I'm a beginner here so I'd really appreciate an answer in simple English. Wikipedia defines Dihedral groups as a collection of rotational isometries $r, r^2, \ldots, r^n=e$ and reflection isometries $s, sr, sr^2, \ldots, sr^{n-1}$ satisfying $(sr)^2 =e$ of $n-$gon.
How are the smaller Dihedral groups, $D_1$ and $D_2$ defined and "what" are they rotational and reflection isometries of? Wikipedia directly starts mentioning relations like $D_1$ is $\mathbb{Z}_2= \mathbb{Z} /2\mathbb{Z}$ and $D_2$ is Klein group but what is $D_1$ and $D_2$, in the first place.
How do I view $D_1$ and $D_2$ as symmetries of $1-$gon and $2-$gon respectively? How does one picture a $1$ and $2$ sided polygon? Can anyone walk me through it?

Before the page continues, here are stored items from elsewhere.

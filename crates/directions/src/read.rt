// What the lines mean, read one after another.
// kept: that the reader still has the lent text, and where it then stands, is said by each call: a reader is lent and moved on, and its
// type cannot say by how much.
ghost use Rattle.std.specs.Prelude.{◌≡◌, ◌+◌};
ghost use Rattle.decimals.specs.Numbers.{numeral};
ghost use Rattle.linkfile.specs.Lines.{routers, rule};
ghost use Rattle.linkfile.specs.Reading.{stands, lent, onward};
ghost use Rattle.directions.specs.Directions.{number_on, next_value, next_number, rest_read, ending, direction_read, texts, TextPart};

use crate::direction::Direction;
use decimals::read_number;
use faults::Fault;
use linkfile::{Key, Line, Reader, bad_line, same};

// A number, or the fault 7 on its line.
fn number_on(value: &[u8], line: usize) -> Result<u32, Fault>
    ensures { result ≡ number_on line (numeral value.now) }
{
    read_number(value).ok_or(bad_line(line))
}

// The number on the next line, which must have this key.
fn read_number_under(reader: &mut Reader, key: Key) -> Result<u32, Fault>
    ensures answer { result ≡ next_number key (stands reader.old) }
    ensures text { lent reader.new ≡ lent reader.old }
    ensures reader { stands reader.new ≡ onward (stands reader.old) }
{
    let line = reader.next_line()?;
    let value = line.value_under(key)?;
    number_on(value, line.number())
}

// The count of routers, which the first line has.
pub fn read_routers(reader: &mut Reader) -> Result<u32, Fault>
    ensures answer { result ≡ next_number routers (stands reader.old) }
    ensures text { lent reader.new ≡ lent reader.old }
    ensures reader { stands reader.new ≡ onward (stands reader.old) }
{
    read_number_under(reader, Key::Routers)
}

// The name of the cost rule, which the second line has: a part of the text.
pub fn read_rule<'a>(reader: &mut Reader<'a>) -> Result<&'a [u8], Fault>
    ensures answer { texts result ≡ next_value rule (stands reader.old) }
    ensures parts { TextPart (lent reader.old) ((stands reader.old).place + 5) result }
    ensures text { lent reader.new ≡ lent reader.old }
    ensures reader { stands reader.new ≡ onward (stands reader.old) }
{
    reader.next_line()?.value_under(Key::Rule)
}

// What belongs to a direction behind its `from`.
fn read_rest(reader: &mut Reader, from: u32) -> Result<Direction, Fault>
    ensures answer { result ≡ (rest_read from (stands reader.old)).answer }
    ensures text { lent reader.new ≡ lent reader.old }
    ensures reader { stands reader.new ≡ (rest_read from (stands reader.old)).standing }
{
    let to = read_number_under(reader, Key::To)?;
    let line = reader.next_number();
    let number = read_number_under(reader, Key::Weight)?;
    Ok(Direction {
        from,
        to,
        number,
        line,
    })
}

// The end of the file: `links`, with nothing behind it.
fn read_end(reader: &Reader, value: &[u8], line: usize) -> Result<Option<Direction>, Fault>
    ensures { result ≡ ending value.now line (stands reader.now) }
{
    if !same(value, b"links") {
        return Err(bad_line(line));
    }
    if !reader.is_done() {
        return Err(bad_line(reader.next_number()));
    }
    Ok(None)
}

// The next direction, or none at the end of the file.
pub fn next_direction(reader: &mut Reader) -> Result<Option<Direction>, Fault>
    ensures answer { result ≡ (direction_read (stands reader.old)).answer }
    ensures text { lent reader.new ≡ lent reader.old }
    ensures reader { stands reader.new ≡ (direction_read (stands reader.old)).standing }
{
    match reader.next_line()? {
        Line::From { value, line, .. } => {
            let from = number_on(value, line)?;
            let direction = read_rest(reader, from)?;
            Ok(Some(direction))
        }
        Line::End { value, line, .. } => read_end(reader, value, line),
        other => Err(bad_line(other.number())),
    }
}
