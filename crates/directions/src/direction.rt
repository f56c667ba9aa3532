// One direction of a link as the file has it, with the line of its weight.
#[derive(Clone, Copy, Debug, PartialEq, Eq)]
pub struct Direction {
    pub from: u32,
    pub to: u32,
    pub number: u32,
    pub line: usize,
}
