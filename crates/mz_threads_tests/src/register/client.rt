//! What a client of any book does with one keeper.
ghost use Rattle.std.specs.Prelude.{◌≡◌, ◌<◌, ◌≤◌, true, [], length};
ghost use Rattle.std.specs.Bool.{MatchBool};
ghost use Rattle.mz_book.specs.declared.light.Asked.TheVariants.{Settle, HoldLight};
ghost use Rattle.mz_threads_tests.specs.Toys.{MayBeFull, WasFull, WereFull, MayLight, HasLit, with_first, in_vain};

use crate::toy::Toy;
use mz_book::Book;
use mz_book::laws::numbers::{held_places, numbers_of_keepers};
use mz_book::laws::slots::lights_that_are_held;
use mz_events::laws::events::when_an_event_fits;
use mz_events::laws::holding::what_an_event_reads;
use mz_events::{Event, Place};
use std::sync::Wait;

/// Takes the keeper of large, notes that it has no room for a byte, and gives it back. Answers the ticket.
pub fn note_full<B: Book<Toy>, R: Wait>(rt: &R, book: &mut B) -> u64
    requires { MayBeFull (B.account book.old) 1 }
    ensures { WasFull (B.account book.old) result (B.account book.new) }
{
    numbers_of_keepers();
    held_places();
    when_an_event_fits();
    what_an_event_reads();
    let large = book.hold(rt, 4);
    let ticket = book.note(Event::Full {
        k: Place::Large { zone: 0 },
        n: 1,
        al: 1,
    });
    book.release(4, large);
    ticket
}

/// Does that 1,000 times.
pub fn note_full_often<B: Book<Toy>, R: Wait>(rt: &R, book: &mut B)
    requires { MayBeFull (B.account book.old) 1000 }
    ensures { WereFull (B.account book.old) 1000 (B.account book.new) }
{
    for _ in 0..1000u64 {
        note_full(rt, book);
    }
}

/// Settles the class 1 for the block 0. Whether it has that now.
pub fn settle_first<B: Book<Toy>>(book: &mut B) -> bool
    requires nano { 1 ≤ (B.account book.old).profile.nano }
    requires dark { (B.account book.old).lights ≡ [] }
    requires sized { length (B.account book.old).settled ≡ (B.account book.old).profile.nano }
    ensures account { MatchBool result (B.account book.new ≡ with_first (B.account book.old)) (B.account book.new ≡ in_vain (Settle 0 1) (B.account book.old)) }
    ensures may { result ≡ true → MayLight (B.account book.new) }
{
    book.settle(0, 1).is_ok()
}

/// Takes the light of an idle slot of the block 0 and gives it back. Whether the slot was idle and its light free.
pub fn take_light<B: Book<Toy>>(book: &mut B, j: u64) -> bool
    requires slot { j < 1024 }
    requires may { MayLight (B.account book.old) }
    ensures { MatchBool result (B.account book.new ≡ B.account book.old) (B.account book.new ≡ in_vain (HoldLight 0 j 0) (B.account book.old)) }
{
    lights_that_are_held();
    let Ok(light) = book.hold_light(0, j, 0) else {
        return false;
    };
    book.release_light(light, false);
    true
}

/// Settles the class, and then takes the light 1,000 times. Answers how often it got it, where the class is settled.
pub fn take_light_often<B: Book<Toy>>(book: &mut B, j: u64) -> Option<u64>
    requires slot { j < 1024 }
    requires nano { 1 ≤ (B.account book.old).profile.nano }
    requires dark { (B.account book.old).lights ≡ [] }
    requires sized { length (B.account book.old).settled ≡ (B.account book.old).profile.nano }
    ensures { HasLit (B.account book.old) result (B.account book.new) }
{
    if !settle_first(book) {
        return None;
    }
    let mut taken = 0;
    for _ in 0..1000u64 {
        if take_light(book, j) {
            taken += 1;
        }
    }
    Some(taken)
}
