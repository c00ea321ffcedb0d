//! What stands for a place.
ghost use Rattle.std.specs.Prelude.{◌≡◌, ◌*◌, ◌||◌, ℕ, [], length, map, find, IfOk, IsTrue};
ghost use Rattle.std.specs.Option.{option_map};
ghost use Rattle.mz_base.specs.declared.profile.Profile.{Profile as profile};
ghost use Rattle.mz_base.specs.declared.range.TheConstants.{PAGE};
ghost use Rattle.mz_base.specs.Limits.{IsWithinLimits};
ghost use Rattle.mz_base.specs.Site.{Site};
ghost use Rattle.mz_base.specs.Space.{block_at, run_end};
ghost use Rattle.mz_base.specs.Lists.{size_at};
ghost use Rattle.mz_events.specs.declared.place.Place.{Place as place};
ghost use Rattle.mz_events.specs.declared.place.Place.TheVariants as place_is;
ghost use Rattle.mz_events.specs.declared.event.Event.TheVariants as event;
ghost use Rattle.mz_events.specs.Places.{is_magazine, is_depot, is_size_of, is_length_of, quantum_of, depot_of, nano_start};
ghost use Rattle.mz_events.specs.State.{Kept, nothing_kept};
ghost use Rattle.mz_events.specs.Changes.{with_block, with_run, with_region, without_block, pages_with};
ghost use Rattle.mz_events.specs.Duties.{recirculation, empty_depot_region};
ghost use Rattle.mz_events.specs.Separation.{has_page, InOrder};
ghost use Rattle.mz_events.specs.Standing.{Keeping, Stands};
ghost use Rattle.mz_book.specs.Keepers.{keeper_count, place_in_zone};
ghost use Rattle.mz_book.specs.Plain.{last_site, StandAtFirst};
ghost use Rattle.mz_rack.specs.Keepings.{lists_of};
ghost use Rattle.mz_rack.specs.Regions.{quantum_in, run_in, view_in};
ghost use Rattle.mz_rack.specs.Asking.{IsTidy, MayAsk, MayYield, MayAdopt};
ghost use Rattle.mz_rack.specs.Answering.{Placed, FoundRoom, Yielded};
ghost use Rattle.mz_rack.specs.Flushing.{Flushed, PushedOut, IsLackedRun, MayPutRunBack};
ghost use Rattle.mz_rack.specs.Runs.{MaySeekRun, FoundRun, MayFit, IsFitted, with_region_for, Reused, MayEnter};
ghost use Rattle.mz_large.specs.Large.{block_of, run_of_span};
ghost use Rattle.mz_rack.specs.Ending.{has_blocks, MayFree, IsLacked, MayPutBack};
ghost use Rattle.mz_rack.specs.ResizeStages.{MayResize, Refits};

use crate::region::AnyRegion;
use crate::shelf::Shelf;
use crate::stock::Stock;
use mz_base::{PAGE, Profile};
use mz_bits::laws::a_run_is_read;
use mz_events::Keep;
use mz_ground::Span;
use mz_large::Large;
use std::alloc::{AllocError, Global};
use std::marker::Model;

/// What stands for a place: the free pages with blank regions, a magazine or a depot, or large of a zone. Contracts see
/// what it keeps. `all` alone makes keepers.
#[derive(Drop)]
pub struct Keeper {
    kind: Kind,
}
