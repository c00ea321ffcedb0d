//! The fields of a block's word.
ghost use Rattle.std.specs.Prelude.{◌≡◌, ◌^◌, ◌≤◌, ◌<◌, MatchOption};
ghost use Rattle.mz_nanoword.specs.Words.{Fits, pack_of, word_of};

// What each field counts in, from its lowest bit on.
const FREE: u64 = 1 << 11;

const STATE: u64 = 1 << 22;

const GENERATION: u64 = 1 << 27;

/// What the word of a nano block says.
#[derive(Clone, Copy, PartialEq, Eq, Debug)]
pub struct NanoWord {
    /// The number of the first free slot plus 1, or 0 where no slot is free. 11 bits.
    pub next: u64,
    /// How many slots are free. 11 bits.
    pub free: u64,
    /// 0 where the block is unassigned, 1 to 16 where it is ready with that class, 17 while it is
    /// being claimed. 5 bits.
    pub state: u64,
    /// How often a slot was given out or taken back since the block was made ready. 36 bits.
    pub generation: u64,
}

impl NanoWord {
    /// The word with these fields. Its bit 63 is 0.
    pub fn pack(&self) -> u64
        requires { Fits self.now }
        ensures value { result ≡ pack_of self.now }
        ensures small { result < 2 ^ 63 }
        ensures fields { word_of result ≡ self.now }
    {
        self.next + self.free * FREE + self.state * STATE + self.generation * GENERATION
    }

    /// The fields of a word. None exactly where bit 63 is set.
    pub fn unpack(w: u64) -> Option<NanoWord>
        ensures { MatchOption result (2 ^ 63 ≤ w) (λ x. (w < 2 ^ 63) × (x ≡ word_of w) × Fits x × (pack_of x ≡ w)) }
    {
        if w >> 63 == 1 {
            return None;
        }
        Some(NanoWord {
            next: w % FREE,
            free: w / FREE % (STATE / FREE),
            state: w / STATE % (GENERATION / STATE),
            generation: w / GENERATION,
        })
    }
}
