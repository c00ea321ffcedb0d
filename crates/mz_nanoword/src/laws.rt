//! What the definitions mean. Each function here is a law: it does nothing, and its contract says
//! what holds of every word.
ghost use Rattle.std.specs.Prelude.{◌≡◌, ◌^◌, ◌<◌, ℕ};
ghost use Rattle.mz_nanoword.specs.declared.word.NanoWord.{NanoWord};
ghost use Rattle.mz_nanoword.specs.Words.{Fits, pack_of, word_of};

/// Fields that fit are those of their word, whose bit 63 is 0.
pub fn fields_come_back()
    ensures same { (x : NanoWord) → Fits x → word_of (pack_of x) ≡ x }
    ensures small { (x : NanoWord) → Fits x → pack_of x < 2 ^ 63 }
{}

/// A word is that of its fields, which fit where its bit 63 is 0.
pub fn words_come_back()
    ensures same { (w : ℕ) → pack_of (word_of w) ≡ w }
    ensures fit { (w : ℕ) → w < 2 ^ 63 → Fits (word_of w) }
{}
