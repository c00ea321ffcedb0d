//! The one word of a nano block.
//!
//! - `NanoWord`: what the word says, as four numbers; packed into a `u64` and unpacked again.
//! - `laws`: that packing and unpacking undo each other, as contracts of functions that do nothing.
//!
//! ```text
//! bit    63   62 .. 27     26 .. 22   21 .. 11   10 .. 0
//!       +---+------------+----------+----------+---------+
//!       | 0 | generation |  state   |   free   |  next   |
//!       +---+------------+----------+----------+---------+
//!              36 bits      5 bits     11 bits    11 bits
//! ```
//!
//! A block changes in one exchange of this word, so all that an exchange has to compare stands in
//! it. The word and the widths of its fields are this project's own.
//!
//! To the crates above, this one promises that a word with bit 63 clear and its fields fix each
//! other.
#![tactic(auto)]

pub mod laws;
mod word;

pub use word::NanoWord;
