//! The data file of a run, and how writing it ends.

use helix_base::Memory;
use helix_output::Format;
use helix_outside::Failed;

/// Where rows are written, and how many at most.
#[derive(Clone, Copy, Debug)]
pub struct DataFile<'a> {
    pub name: &'a str,
    /// Whether a file that is there is overwritten.
    pub replace: bool,
    pub format: Format,
    /// At least one.
    pub limit: u64,
}

/// The rows that were written.
#[derive(Clone, Copy, Debug, PartialEq, Eq)]
pub struct Written {
    /// How many they are.
    pub rows: u64,
    /// Whether further good rows are above the last one.
    pub cut: bool,
}

/// Why rows weren't written.
#[derive(Clone, Copy, Debug, PartialEq, Eq)]
pub enum WriteFault {
    /// The disk failed, or the file is there and not to be replaced.
    Failed,
    /// An allocation failed. That can only be in JSON.
    Memory,
}

impl From<Failed> for WriteFault {
    ghost use Rattle.std.specs.Prelude.{◌≡◌};
    ghost use Rattle.helix_writing.specs.declared.data_file.WriteFault.TheVariants as faults;

    ghost from_gives = { λ _ fault. fault ≡ faults.Failed };

    fn from(_failed: Failed) -> WriteFault {
        WriteFault::Failed
    }
}

impl From<Memory> for WriteFault {
    ghost use Rattle.std.specs.Prelude.{◌≡◌};
    ghost use Rattle.helix_writing.specs.declared.data_file.WriteFault.TheVariants as faults;

    ghost from_gives = { λ _ fault. fault ≡ faults.Memory };

    fn from(_memory: Memory) -> WriteFault {
        WriteFault::Memory
    }
}
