//! An open input: what is left of a file as it was when it was opened.

ghost use Rattle.std.specs.Prelude.{◌≡◌, ◌++◌, ◌-◌, min, length, take, drop, IfOk};

use helix_base::Memory;
use std::alloc::Global;
use std::marker::Model;

/// A copy of a file and how far it was read, that contracts see as the bytes that are left.
#[derive(Debug, Drop)]
pub(crate) struct Input {
    bytes: Vec<u8>,
    position: usize,
}

impl Model for Input {
    ghost use Rattle.std.specs.Prelude.{List, ℕ, drop};

    ghost Value = { List ℕ };

    ghost view = { λ input. drop input.position input.bytes.items };
}

impl Input {
    pub(crate) fn of(alloc: Global, bytes: &[u8]) -> Result<Input, Memory>
        ensures { IfOk result (λ input. input ≡ bytes.now) }
    {
        Ok(Input {
            bytes: Vec::from_slice(alloc, bytes)?,
            position: 0,
        })
    }

    /// Fills a prefix of `buffer`, all of it where as many bytes are left, and answers its length.
    pub(crate) fn read(&mut self, buffer: &mut [u8]) -> usize
        ensures count { result ≡ min (length buffer.old) (length self.old) }
        ensures given { self.old ≡ take result buffer.new ++ self.new }
        ensures others { drop result buffer.new ≡ drop result buffer.old }
    {
        read_on(self.bytes.as_slice(), &mut self.position, buffer)
    }
}

/// Reads on in `bytes`, from `position` on: fills a prefix of `buffer`, all of it where as many bytes are
/// left, and answers its length.
pub(crate) fn read_on(bytes: &[u8], position: &mut usize, buffer: &mut [u8]) -> usize
    ensures count { result ≡ min (length buffer.old) (length (drop position.old bytes.now)) }
    ensures given { drop position.old bytes.now ≡ take result buffer.new ++ drop position.new bytes.now }
    ensures others { drop result buffer.new ≡ drop result buffer.old }
{
    let from = (*position).min(bytes.len());
    let count = fill(&bytes[from..], buffer);
    *position = from + count;
    count
}

/// Copies the start of `bytes` to the start of `buffer`, as much as both have.
fn fill(bytes: &[u8], buffer: &mut [u8]) -> usize
    ensures count { result ≡ min (length buffer.old) (length bytes.now) }
    ensures given { take result buffer.new ≡ take result bytes.now }
    ensures others { drop result buffer.new ≡ drop result buffer.old }
{
    let count = buffer.len().min(bytes.len());
    buffer[..count].copy_from_slice(&bytes[..count]);
    count
}
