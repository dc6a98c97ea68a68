//! Writing the rows of a run.

ghost use Rattle.std.specs.Prelude.{◌≡◌, ◌≤◌, [], List, Option, IsSome, Some, true, IfOk, IfErr, OnOk};
ghost use Rattle.helix_profile.specs.Good.{IsGood};
ghost use Rattle.helix_values.specs.declared.cell.Cell.{Cell};
ghost use Rattle.helix_writing.specs.GoodRows.{IsFirstAbove};
ghost use Rattle.helix_writing.specs.Inner.Putting.{PutsRows, StopsRows};
ghost use Rattle.helix_writing.specs.Inner.Sent.{HasSentRows, StopsSentRows};
ghost use Rattle.helix_writing.specs.Writing.{WritesRows};

use crate::data_file::{DataFile, WriteFault, Written};
use crate::good_rows::GoodRows;
use crate::lines::{make_opening, put_closing};
use crate::put::put_rows;
use helix_output::{Block, Format, LineBuf};
use helix_outside::Disk;
use helix_values::RowBuf;

/// Writes the rows above a start into the data file. `first` says whether there is a first one: then `last` is that row,
/// and the place. Rows are copied to `last` no more often than the limit needs. Only lines of JSON take memory.
pub fn write_rows<D: Disk>(
    disk: &mut D,
    file: DataFile<'_>,
    rows: &mut GoodRows,
    first: bool,
    last: &mut RowBuf,
    line: &mut LineBuf,
    block: &mut Block,
) -> Result<Written, WriteFault>
    requires limit { 1 ≤ file.limit }
    requires fields { line.old.fields ≡ rows.old.profile.fields }
    requires place { first ≡ true → rows.old.row ≡ Some last.old }
    requires good { first ≡ true → IsGood rows.old.profile last.old }
    requires none_owed { block.old ≡ [] }
    ensures profile { OnOk result (rows.new.profile ≡ rows.old.profile) }
    ensures writes { (start : Option (List Cell)) → IsFirstAbove rows.old start last.old first
        → WritesRows file.entry rows.old.profile start (D.state disk.old) result last.new (D.state disk.new) }
{
    disk.begin_write(file.name, file.replace)?;
    let written = send_rows(disk, file, rows, first, last, line, block)?;
    disk.finish()?;
    Ok(written)
}

/// Sends the text of the rows to the open output.
fn send_rows<D: Disk>(
    disk: &mut D,
    file: DataFile<'_>,
    rows: &mut GoodRows,
    first: bool,
    last: &mut RowBuf,
    line: &mut LineBuf,
    block: &mut Block,
) -> Result<Written, WriteFault>
    requires open { IsSome (D.state disk.old).output }
    requires limit { 1 ≤ file.limit }
    requires fields { line.old.fields ≡ rows.old.profile.fields }
    requires place { first ≡ true → rows.old.row ≡ Some last.old }
    requires good { first ≡ true → IsGood rows.old.profile last.old }
    requires none_owed { block.old ≡ [] }
    ensures ok { IfOk result (λ written. (start : Option (List Cell)) → IsFirstAbove rows.old start last.old first
        → HasSentRows file.entry rows.old.profile start (D.state disk.old) written last.new (D.state disk.new)) }
    ensures err { IfErr result (λ stop. (start : Option (List Cell)) → IsFirstAbove rows.old start last.old first
        → StopsSentRows file.entry rows.old.profile start (D.state disk.old) stop (D.state disk.new)) }
    ensures open { OnOk result (IsSome (D.state disk.new).output) }
    ensures profile { OnOk result (rows.new.profile ≡ rows.old.profile) }
{
    make_opening(line, file.format);
    block.add(disk, line.bytes())?;
    let written = put_some(
        disk,
        file.format,
        file.limit,
        rows,
        first,
        last,
        line,
        block,
    )?;
    put_closing(disk, file.format, line, block)?;
    Ok(written)
}

/// Puts the rows, if there is a first one.
fn put_some<D: Disk>(
    disk: &mut D,
    format: Format,
    limit: u64,
    rows: &mut GoodRows,
    first: bool,
    last: &mut RowBuf,
    line: &mut LineBuf,
    block: &mut Block,
) -> Result<Written, WriteFault>
    requires open { IsSome (D.state disk.old).output }
    requires limit { 1 ≤ limit }
    requires fields { line.old.fields ≡ rows.old.profile.fields }
    requires place { first ≡ true → rows.old.row ≡ Some last.old }
    requires good { first ≡ true → IsGood rows.old.profile last.old }
    ensures ok { IfOk result (λ written. (start : Option (List Cell)) → IsFirstAbove rows.old start last.old first
        → PutsRows format rows.old.profile start limit (D.state disk.old) block.old written last.new block.new
        (D.state disk.new)) }
    ensures err { IfErr result (λ stop. (start : Option (List Cell)) → IsFirstAbove rows.old start last.old first
        → StopsRows format rows.old.profile start limit (D.state disk.old) block.old stop (D.state disk.new)) }
    ensures open { OnOk result (IsSome (D.state disk.new).output) }
    ensures profile { OnOk result (rows.new.profile ≡ rows.old.profile) }
{
    if !first {
        return Ok(Written {
            rows: 0,
            cut: false,
        });
    }
    put_rows(disk, format, limit, rows, last, line, block)
}
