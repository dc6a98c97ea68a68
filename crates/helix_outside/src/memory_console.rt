//! A console in memory, some of whose calls fail.

ghost use Rattle.std.specs.Prelude.{◌≡◌, ◌++◌, OnOk, OnErr};
ghost use Rattle.helix_outside.specs.Console.{AddsLine, line_text};
ghost use Rattle.helix_outside.specs.ConsoleInMemory.{screen_of, blank, IsLine};

use crate::calls::Calls;
use crate::console::Console;
use crate::counting::{fault, next_call};
use crate::disk::Failed;
use helix_base::Memory;
use std::marker::Model;

/// A console that keeps and tells its text. Its calls are numbered from 1; those whose numbers are listed
/// fail, and add nothing.
#[derive(Debug, Drop)]
pub struct MemoryConsole {
    text: Vec<u8>,
    faults: u64,
    calls: u64,
    failing: Calls,
}

impl Model for MemoryConsole {
    ghost use Rattle.helix_outside.specs.ConsoleInMemory.{ConsoleInMemory, console_code};

    ghost Value = { ConsoleInMemory };

    ghost coded = { console_code };

    ghost view = { λ c. record { text = c.text.items; faults = c.faults; calls = c.calls; failing = c.failing } };
}

impl MemoryConsole {
    /// A console that has shown nothing. It uses the allocator of the list.
    pub fn open(failing: Calls) -> MemoryConsole
        ensures { result ≡ blank failing }
    {
        MemoryConsole {
            text: Vec::new(failing.allocator()),
            faults: 0,
            calls: 0,
            failing,
        }
    }

    /// All bytes so far.
    pub fn text(&self) -> &[u8]
        ensures { result.now ≡ self.now.text }
    {
        self.text.as_slice()
    }

    pub fn faults(&self) -> u64
        ensures { result ≡ self.now.faults }
    {
        self.faults
    }
}

impl Console for MemoryConsole {
    ghost screen = { screen_of };

    fn line(&mut self, bytes: &[u8]) -> Result<(), Failed>
        ensures meaning { AddsLine (screen_of self.old) bytes.now result (screen_of self.new) }
        ensures call { IsLine self.old result self.new }
    {
        if next_call(self.failing.as_slice(), &mut self.calls) {
            return Err(fault(&mut self.faults));
        }
        match add_line(&mut self.text, bytes) {
            Ok(()) => Ok(()),
            Err(_) => Err(fault(&mut self.faults)),
        }
    }
}

/// Appends the bytes and an LF, or nothing.
fn add_line(text: &mut Vec<u8>, bytes: &[u8]) -> Result<(), Memory>
    ensures ok { OnOk result (text.new.items ≡ text.old.items ++ line_text bytes.now) }
    ensures err { OnErr result (text.new.items ≡ text.old.items) }
{
    let before = text.len();
    text.extend_from_slice(bytes)?;
    match text.push(b'\n') {
        Ok(()) => Ok(()),
        Err(_) => {
            text.truncate(before);
            Err(Memory)
        }
    }
}
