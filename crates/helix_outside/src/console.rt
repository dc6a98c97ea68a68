//! A console: lines that are shown one after the other.

ghost use Rattle.helix_outside.specs.Console.{Screen, AddsLine};

use crate::disk::Failed;

/// Where the lines of a run are shown. A console may tell its text, or not.
pub trait Console {
    /// What is known of the console.
    ghost screen: { Self → Screen };

    /// Shows the bytes and an LF.
    fn line(&mut self, bytes: &[u8]) -> Result<(), Failed>
        ensures { AddsLine (screen self.old) bytes.now result (screen self.new) };
}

MSE question 470570 is another related question but the OP and the person answering seem to already agree on what a $1-$gon is. I don't understand that $1−$gon or $2−$gon. A polygon is defined as closed plane figure with edges and vertices. What are edges and vertices in this case? What is a reflection here? What is a rotation? What do the elements in $D_1$ and $D_2$ look like?